The pounds 52m stadium built in Portugal's oldest city, Braga, for Euro 2004 is drooled over as much for its architectural majesty as for anything to do with football. A shimmering diamond carved out of the rock halfway up a mountainside, a graceful amphitheatre of seats at both ends, it hovers like a silver dragonfly over the green Cavado valley.
But anyone who knows Braga would have expected nothing less. It would be hard for the country's religious capital, where the bells of 36 churches and Portugal's oldest cathedral ring out, to construct a piece of urban utilitarianism. Just as the red and green shirts of the Portuguese team traditionally weave spellbinding Rococo patterns on the turf, so the eight new stadiums built for next week's tournament are nothing less than eye- catching.

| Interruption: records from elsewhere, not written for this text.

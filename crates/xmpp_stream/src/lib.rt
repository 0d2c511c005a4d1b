// Streams of XMPP over a connection (RFC 6120): the text that is written on one, and the elements that come on one, in
// whatever pieces; and both over a link that never waits.
#![tactic(auto)]

mod incoming;
mod kept;
mod open_link;
mod outgoing;
mod paced_link;
mod poll_link;
mod qualify;
mod scan;
mod stage;
mod stream;
mod stream_cutter;
mod stream_text;
mod tag;

pub use incoming::{Came, Incoming};
pub use open_link::{Finish, OpenLink, TcpOpenLink, open_tcp_link};
pub use outgoing::{Outgoing, Paid};
pub use paced_link::PacedLink;
pub use poll_link::PollLink;
pub use stream::Stream;
pub use stream_cutter::{StreamCutter, StreamItem};
pub use stream_text::{push_end, push_header, push_item};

Bringing Euro 2004 to Braga is a bit like staging the competition in, say, Canterbury. In this hotbed of faith, the clergy always had more clout than royalty. The sprawling mass of the archbishop's palace and the plethora of pilgrimage trails snaking their way across the eucalyptus-clad foothills of the Minho region are testimony to that. Consider, also, the deep conservative streak which spawned the infamous 1926 coup that put the dictator Antonio Salazar in power for 36 years, and you have a profile of a place that is, well, rather reactionary.

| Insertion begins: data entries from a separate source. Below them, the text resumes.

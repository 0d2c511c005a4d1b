use bosh_ports::{Gave, Got, Link, send_all};
use bosh_types::{Moment, Rid};
use server_ports::{
    Accepted, Clock, Dialled, GivenNames, Job, Leave, Limits, LinkPlan, ListedSpawner,
    MemoryNetwork, Names, NetLink, Network, Opened, Past, RealClock, RealNames, Shared, Started,
    SteadySpawner, TcpNetwork, ThreadSpawner, start, system_seed, timed,
};
use std::alloc::{AllocError, Global};
use std::io;
use std::net::{Ipv4Addr, Net, SocketAddr, TcpListener, TcpStream};
use std::process::Abort;
use std::sync::Arc;
use std::sync::atomic::{AtomicU64, Ordering};
use std::test::Fail;

#[test]
fn a_clock_does_not_go_back(rt: HostRuntime) {
    let clock = RealClock::new(rt);
    let share = clock.share();
    let mut last = clock.now();
    // A day in 2020.
    assert!(rt; last > Moment::from_millis(1_577_836_800_000));
    for _ in 0..1000 {
        let now = share.now();
        assert!(rt; last <= now);
        last = now;
    }
}

#[test]
fn names_are_drawn(rt: HostRuntime) -> Result<(), Fail> {
    let mut names = RealNames::new(rt.alloc(), system_seed(&rt)?);
    let mut share = names.share();
    let first = names.name()?;
    let second = names.name()?;
    let third = share.name()?;
    for name in [&first, &second, &third] {
        assert_eq!(rt; name.len(), 17);
    }
    assert!(rt; first.as_slice() != second.as_slice());
    assert!(rt; first.as_slice() != third.as_slice());
    assert!(rt; names.first_rid().value() <= 1 << 32);
    let first = Rid::new(1000).expect(&rt, "an id");
    let mut given = GivenNames::new(rt.alloc(), b"s", first);
    assert_eq!(rt; given.share().name()?.as_slice(), b"s".as_slice());
    Ok(())
}

// Adds one for each run.
#[derive(Drop)]
struct Counting {
    runs: Arc<AtomicU64, Global>,
}

impl Job for Counting {
    fn run(self, _leave: Leave) {
        self.runs.fetch_add(1, Ordering::SeqCst);
    }
}

fn make_counting(runs: &Arc<AtomicU64, Global>) -> Result<Counting, AllocError> {
    Ok(Counting {
        runs: Arc::try_clone(runs)?,
    })
}

#[test]
fn a_refused_job_is_dropped(rt: HostRuntime) -> Result<(), Fail> {
    let alloc = rt.alloc();
    let runs = Arc::new(alloc, AtomicU64::new(0))?;
    let first = make_counting(&runs)?;
    let second = make_counting(&runs)?;
    let third = make_counting(&runs)?;
    let fourth = make_counting(&runs)?;
    let refused = vec![in alloc; 2]?;
    let mut spawner = ListedSpawner::new(ThreadSpawner::new(alloc), refused);
    let started = [
        start(&rt, &mut spawner, first),
        start(&rt, &mut spawner, second),
        start(&rt, &mut spawner, third),
    ];
    spawner.into_inner().join_all(&rt);
    let expected = [Started::Running, Started::Refused, Started::Running];
    assert_eq!(rt; started, expected);
    assert_eq!(rt; runs.load(Ordering::SeqCst), 2);
    let started = start(&rt, &mut SteadySpawner { leaves: 0 }, fourth);
    assert_eq!(rt; started, Started::Running);
    assert_eq!(rt; runs.load(Ordering::SeqCst), 3);
    Ok(())
}

#[test]
fn a_planned_network_gives_its_links_and_fails_where_it_is_told(
    rt: HostRuntime,
) -> Result<(), Fail> {
    let alloc = rt.alloc();
    let plan = LinkPlan::new(alloc, Vec::from_slice(alloc, b"ping")?);
    let failing = LinkPlan {
        bytes: Vec::new(alloc),
        pieces: Vec::new(alloc),
        failing_takes: vec![in alloc; 1]?,
        failing_gives: Vec::new(alloc),
    };
    let plans = vec![in alloc; plan, failing]?;
    let mut network = MemoryNetwork::new(alloc, plans, vec![in alloc; 3]?);
    assert_eq!(rt; network.listen(80), Opened::Ready);
    let Dialled::Link(mut link) = network.dial(80) else {
        return Err(Fail::new("no link"));
    };
    assert!(rt; matches!(network.dial(80), Dialled::Failed));
    let mut room = [0u8; 8];
    assert_eq!(rt; link.take(&mut room), Got::Bytes(4));
    assert!(rt; send_all(&mut link, b"pong").is_ok());
    network.retire(link);
    let Some([Past::Began(dialled, stream), Past::Retired(link)]) = network.past() else {
        return Err(Fail::new("the network doesn't tell what its link carried"));
    };
    assert_eq!(rt; *dialled, Some(80));
    assert_eq!(rt; stream.as_slice(), b"ping".as_slice());
    assert_eq!(rt; link.link.as_slice(), b"pong".as_slice());
    let Accepted::Link(mut link) = network.accept() else {
        return Err(Fail::new("no link"));
    };
    assert_eq!(rt; link.take(&mut room), Got::Failed);
    network.retire(link);
    assert!(rt; matches!(network.accept(), Accepted::Stopped));
    assert!(rt; matches!(network.dial(80), Dialled::Failed));
    Ok(())
}

// A network that listens at a free port, and the port. The system is asked for one, which is free again when it is told.
pub(crate) fn listening<N>(rt: &N) -> Result<(TcpNetwork<N>, u16), Fail>
where
    N: Net<Listener = TcpListener, Stream = TcpStream> + Copy + Drop,
{
    let any = TcpListener::bind(rt, SocketAddr::from((Ipv4Addr::LOCALHOST, 0)))?;
    let port = any.local_addr()?.port();
    drop(any);
    let mut network = TcpNetwork::new(*rt);
    match network.listen(port) {
        Opened::Ready => Ok((network, port)),
        Opened::Failed => Err(Fail::new("the port was taken")),
    }
}

#[test]
fn links_cross_the_loopback(rt: HostRuntime) -> Result<(), Fail> {
    let (mut network, port) = listening(&rt)?;
    let Shared::Net(mut share) = network.share() else {
        return Err(Fail::new("no share"));
    };
    let Dialled::Link(mut near) = share.dial(port) else {
        return Err(Fail::new("no link"));
    };
    let Accepted::Link(mut far) = network.accept() else {
        return Err(Fail::new("no link"));
    };
    assert!(rt; near.reader.nodelay()?);
    assert!(rt; far.reader.nodelay()?);
    let mut room = [0u8; 8];
    assert!(rt; send_all(&mut near, b"ping").is_ok());
    assert_eq!(rt; far.take(&mut room), Got::Bytes(4));
    assert_eq!(rt; &room[..4], b"ping".as_slice());
    assert!(rt; send_all(&mut far, b"pong").is_ok());
    assert_eq!(rt; near.take(&mut room), Got::Bytes(4));
    share.retire(near);
    assert_eq!(rt; far.take(&mut room), Got::End);
    network.retire(far);
    assert!(rt; matches!(share.listen(port), Opened::Failed));
    network.back(share);
    Ok(())
}

// The two ends of one connection, of which the second waits no longer than this.
pub(crate) fn connected<N>(rt: &N, limits: Limits) -> io::Result<(NetLink, NetLink)>
where
    N: Net<Listener = TcpListener, Stream = TcpStream>,
{
    let listener = TcpListener::bind(rt, SocketAddr::from((Ipv4Addr::LOCALHOST, 0)))?;
    let near = TcpStream::connect(rt, listener.local_addr()?)?;
    let (far, _) = listener.accept()?;
    Ok((timed(near, Limits::DIALLED)?, timed(far, limits)?))
}

#[test]
fn a_link_does_not_wait_for_ever(rt: HostRuntime) -> Result<(), Fail> {
    let short = Limits {
        before: 20,
        ends: true,
        within: 40,
    };
    let mut room = [0u8; 4];

    // Idle between messages is the end, and silence within one a fault.
    let (mut near, mut far) = connected(&rt, short)?;
    assert_eq!(rt; far.take(&mut room), Got::End);
    assert!(rt; send_all(&mut near, b"p").is_ok());
    assert_eq!(rt; far.take(&mut room), Got::Bytes(1));
    assert_eq!(rt; far.take(&mut room), Got::Failed);
    assert!(rt; send_all(&mut far, b"q").is_ok());
    assert_eq!(rt; far.take(&mut room), Got::End);
    assert_eq!(rt; far.faults, 1);

    // An answer that doesn't come is a fault, and so is an answer that isn't taken.
    let waiting = Limits {
        ends: false,
        ..short
    };
    let (_near, mut far) = connected(&rt, waiting)?;
    assert_eq!(rt; far.take(&mut room), Got::Failed);
    let bytes = vec![in rt.alloc(); 0u8; 1 << 20]?;
    let mut is_failed = false;
    for _ in 0..64 {
        if far.give(&bytes) == Gave::Failed {
            is_failed = true;
            break;
        }
    }
    assert!(rt; is_failed);
    assert_eq!(rt; far.faults, 2);
    Ok(())
}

"That was true for a long time," said Filomena Alves, the chief of tourism, sitting in her refurbished art deco office overlooking Praca da Republica. "But things have changed. You'd be surprised to know that Braga has the youngest population of any city in Europe, and it's been nicknamed the Silicon Valley of Portugal.

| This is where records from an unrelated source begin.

//! No code: arithmetic of floats on whole numbers.
#![tactic(auto)]
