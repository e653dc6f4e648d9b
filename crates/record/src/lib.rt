//! The bytes of an update record: a map of two bytes, then the fields whose bit is set. A place stands beside the bytes, and a byte past the end is 0, as the definitions
//! have it: they name a field by its place, and none of these functions can fail.
#![tactic(auto)]

ghost use Rattle.std.specs.Prelude.{◌≡◌, get_or};
ghost use Rattle.record.specs.Record as Def;
ghost use Rattle.record.specs.Record.{field_count, field_of, number_at, u16_le_at, offset_of, weight_of, size_of};

/// A field of an update record. `Weight(i)` is weight i + 1.
#[derive(Clone, Copy, Debug, PartialEq, Eq)]
pub enum Field {
    Weight(usize),
    Threshold,
    Truncation,
    Samples,
}

/// How many fields there are: bits 0 to 11 of the map.
pub const FIELDS: usize = 12;

/// Whether bit i of n is set.
pub fn bit_set(n: u16, i: usize) -> bool
    ensures { result ≡ Def.bit_set n i }
{
    i < 16 && n >> i & 1 == 1
}

/// A byte, 0 past the end.
pub fn byte(bytes: &[u8], at: usize) -> u8
    ensures { result ≡ get_or bytes.now at 0 }
{
    bytes.get(at).copied().unwrap_or(0)
}

/// The 16-bit number of the two bytes at a place, low byte first.
pub fn u16_le_at(bytes: &[u8], at: usize) -> u16
    ensures { result ≡ u16_le_at bytes.now at }
{
    u16::from_le_bytes([byte(bytes, at), byte(bytes, at.saturating_add(1))])
}

impl Field {
    /// The field of a bit. No `From`: that the number is a bit stands in the name.
    #[tactic(auto, unfolding(crate::specs::Record::field_of))]
    pub fn of_bit(bit: usize) -> Field
        ensures { result ≡ field_of bit }
    {
        match bit {
            0..9 => Field::Weight(bit),
            9 => Field::Threshold,
            10 => Field::Truncation,
            _ => Field::Samples,
        }
    }

    /// How many bytes it takes.
    pub fn size(self) -> usize
        ensures { result ≡ size_of self }
    {
        match self {
            Field::Weight(_) => 1,
            Field::Threshold => 2,
            Field::Truncation => 1,
            Field::Samples => 1,
        }
    }

    /// Its number at a place.
    pub fn number_at(self, bytes: &[u8], at: usize) -> u16
        ensures { result ≡ number_at self bytes.now at }
    {
        match self {
            Field::Threshold => u16_le_at(bytes, at),
            Field::Weight(_) | Field::Truncation | Field::Samples => byte(bytes, at).into(),
        }
    }
}

/// Where the fields that a map calls for end.
#[tactic(auto, unfolding(crate::specs::Record::offset_of))]
pub fn end_of(map: u16) -> usize
    ensures { result ≡ offset_of map field_count }
{
    let mut end = 2;
    for bit in 0..FIELDS {
        if bit_set(map, bit) {
            end += Field::of_bit(bit).size();
        }
    }
    end
}

/// The signed value of a weight byte: the sign in bit 4, the magnitude in bits 0 to 3.
#[tactic(auto, unfolding(crate::specs::Record::weight_of), using(crate::proofs::Magnitudes::read_size, crate::proofs::Magnitudes::neg_read))]
pub fn weight_of(b: u16) -> i32
    ensures { result ≡ weight_of b }
{
    let magnitude = i32::from(b & 15);
    if bit_set(b, 4) { -magnitude } else { magnitude }
}
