//! Settings that are in range.
ghost use Rattle.std.specs.Prelude.{◌≡◌};
ghost use Rattle.settings.specs.Settings.{in_range};

use crate::Settings;
use ranges::{samples_in_range, threshold_in_range, truncation_in_range, weights_in_range};

impl Settings {
    /// Whether every setting is one that an update could leave.
    #[tactic(auto, unfolding(crate::specs::Settings::in_range))]
    pub fn in_range(self) -> bool
        ensures { result ≡ in_range self }
    {
        weights_in_range(self.weights)
            && threshold_in_range(self.threshold)
            && truncation_in_range(self.truncation)
            && samples_in_range(self.samples)
    }
}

"Old and new have already combined here, so an invasion of a few football fans - even English ones - doesn't worry us. And don't think that we're just a sleepy old city with no interest in football. We're fanatical about sport, and visiting fans will have no problem fitting in."
Whether marauding supporters from northern climes will warm to the finer aesthetic points of Bom Jesus remains open to question. Braga's main tourist attraction is this neoclassical church perched above the city, reached by way of a steep, switchback staircase of 365 steps. Real pilgrims negotiate the route on their knees, via chapels marking the 14 stations of the cross and spooky allegorical fountains depicting the five senses. Secular souls can use the funicular.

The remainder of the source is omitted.